Une procédure applicable aux refus de soins discriminatoires a été définie par le décret du 2 octobre 202032(*). En 2023, 281 plaintes pour refus de soins discriminatoires ont été déposées auprès d'une caisse d'assurance maladie ou du conseil départemental d'un ordre. Dans près de deux tiers des cas, les plaintes sont déposées par des patients bénéficiaires de la complémentaire santé solidaire (152 plaintes) ou de l'aide médicale de l'Etat (26 plaintes).
La discrimination à l'égard des bénéficiaires de l'AME en médecine de ville implique un report des soins vers l'hôpital, qui reviennent alors à un coût supérieur pour l'État.
* 28 L'aide médicale de l'État : diagnostic et propositions.
* 29 Le recours à l'Aide médicale de l'État des personnes en situation irrégulière en France : premiers enseignements de l'enquête Premiers pas, Questions d'économie de la santé n° 245, novembre 2019, IRDES.
* 30 Rapport 2023 de l'observatoire de l'accès aux droits et aux soins, 18 octobre 2023, Médecins du monde.
* 31 Les refus de soins opposés aux bénéficiaires opposés aux bénéficiaires de la complémentaire santé solidaire et de l'aide médicale de l'État, Institut des études politiques, mai 2023.

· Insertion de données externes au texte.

// read_log [TOWER TABLE LOG]: holds a stroke log against a table and prints `row` and the final row,
// `line` and the number of the first line that does not fit, or `refused` with number and place, and
// the reason's letter inside a 14 (docs/PROGRAMS.md). Without names they are tower.bin, table.bin and
// log.txt.
#![tactic(auto)]

ghost use Rattle.checker_rows.specs.RowVerdict.{RowsJudgeable};

use base::{LogAnswer, Rejection};
use log_course::Followed;
use program_log::Part;
use std::env::Env;
use std::fs::Files;
use std::io::{Eprint, Print, Read};

// Prints the answer.
fn print<R: Print + Eprint>(rt: &R, answer: LogAnswer) -> bool {
    let mut line = [0u8; 4096];
    let n = program_listing::log_answer(answer, &mut line);
    program_files::print(rt, &line[..n])
}

// Says what is wrong with the log, if anything is. `bytes` are those of the part that was read last.
fn explain<R: Eprint>(rt: &R, followed: Followed, log: &[u8], bytes: &[u8], table_bytes: &[u8]) {
    let next = followed.next;
    let line = followed.line;
    if next < bytes.len() {
        words_log::form(rt, log, line.0, bytes, next);
        return;
    }
    if let Err(misfit) = followed.course {
        words_log::misfit(
            rt,
            log,
            misfit.line.0,
            misfit.place,
            misfit.stroke,
            table_bytes,
        );
    }
}

// Prints what the log comes to, and says what is wrong with it.
fn tell<R: Print + Eprint>(
    rt: &R,
    followed: Followed,
    log: &[u8],
    bytes: &[u8],
    table_bytes: &[u8],
) {
    if print(rt, log_reader::ended(followed, bytes.len())) {
        explain(rt, followed, log, bytes, table_bytes);
    }
}

// Reads the log that is open, part by part, and tells what it comes to.
fn read_open<R: Print + Eprint, F: Read>(
    rt: &R,
    file: &mut F,
    log: &[u8],
    tower: &[u8],
    table: &[u8],
)
    requires { RowsJudgeable tower.now table.now }
{
    let mut part = [0u8; program_log::PART];
    match program_log::read_parts(rt, file, log, tower, table, &mut part) {
        Part::Over { followed, bytes } => {
            tell(rt, followed, log, &part[..bytes], table);
        }
        Part::Failed => {}
        _ => {
            program_saying::in_file(
                rt,
                log,
                "the log has more lines than can be counted; nothing was answered",
            );
        }
    }
}

// Tests tower and table, and reads the log that is open.
fn read_from<R: Print + Eprint, F: Read>(
    rt: &R,
    file: &mut F,
    tower: &[u8],
    table: &[u8],
    log: &[u8],
    tower_bytes: &[u8],
    table_bytes: &[u8],
) {
    match checker_files::test_files(tower_bytes, table_bytes) {
        Ok(()) => read_open(rt, file, log, tower_bytes, table_bytes),
        Err(Rejection::NotGood(reason)) => words_refusal::not_good(
            rt,
            reason,
            table,
            tower_bytes,
            table_bytes,
        ),
        Err(Rejection::Refused(why)) => words_refusal::refuse(
            rt,
            why,
            tower,
            b"",
            table,
            tower_bytes,
            b"",
            table_bytes,
        ),
    }
}

// Opens the log first, so that a log that cannot be read is told before anything is answered.
fn run_read<R: Files + Print + Eprint>(
    rt: &R,
    tower: &[u8],
    table: &[u8],
    log: &[u8],
    tower_bytes: &[u8],
    table_bytes: &[u8],
) {
    let Some(mut file) = program_files::open(rt, log) else {
        return;
    };
    read_from(rt, &mut file, tower, table, log, tower_bytes, table_bytes);
}

// Reads tower and table. In each area there is room for one byte more than the longest file that is
// fit, so that a longer one is refused for its length.
fn run<R: Files + Print + Eprint>(rt: &R, tower: &[u8], table: &[u8], log: &[u8]) {
    let mut tower_area = [0u8; program_limits::TOWER];
    let Some(tower_bytes) = program_files::read_file(rt, tower, &mut tower_area) else {
        return;
    };
    let mut table_area = [0u8; program_limits::TABLE];
    let Some(table_bytes) = program_files::read_file(rt, table, &mut table_area) else {
        return;
    };
    run_read(rt, tower, table, log, tower_bytes, table_bytes);
}

// The names are the arguments.
fn run_named<R: Env + Files + Print + Eprint>(rt: &R) {
    let mut tower_area = [0u8; 4096];
    let Some(tower) = program_files::argument(rt, 1, b"TOWER", &mut tower_area) else {
        return;
    };
    let mut table_area = [0u8; 4096];
    let Some(table) = program_files::argument(rt, 2, b"TABLE", &mut table_area) else {
        return;
    };
    let mut log_area = [0u8; 4096];
    let Some(log) = program_files::argument(rt, 3, b"LOG", &mut log_area) else {
        return;
    };
    run(rt, tower, table, log);
}

fn main(rt: HostRuntime) {
    let count = program_files::argument_count(&rt);
    if count == 1 {
        run(&rt, b"tower.bin", b"table.bin", b"log.txt");
        return;
    }
    if count == 4 {
        run_named(&rt);
        return;
    }
    program_saying::say(&rt, "usage: read_log [TOWER TABLE LOG]\n");
}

* 32 Décret n° 2020-1215 du 2 octobre 2020 relatif à la procédure applicable aux refus de soins discriminatoires et aux dépassements d'honoraires abusifs ou illégaux. Depuis 2021, en cas de refus de soins discriminatoire, le patient peut saisir sa caisse d'assurance maladie ou le conseil local de l'ordre, dont dépend le professionnel de santé mis en cause, ce qui conduit à l'organisation d'une conciliation devant une commission associant des représentants de l'ordre et des représentants de la caisse d'assurance maladie. En cas d'échec de la conciliation ou en cas de récidive, le litige est susceptible de donner lieu à une procédure disciplinaire à l'encontre du professionnel de santé concerné, voire à une sanction financière par l'assurance maladie obligatoire en cas de carence de l'ordre.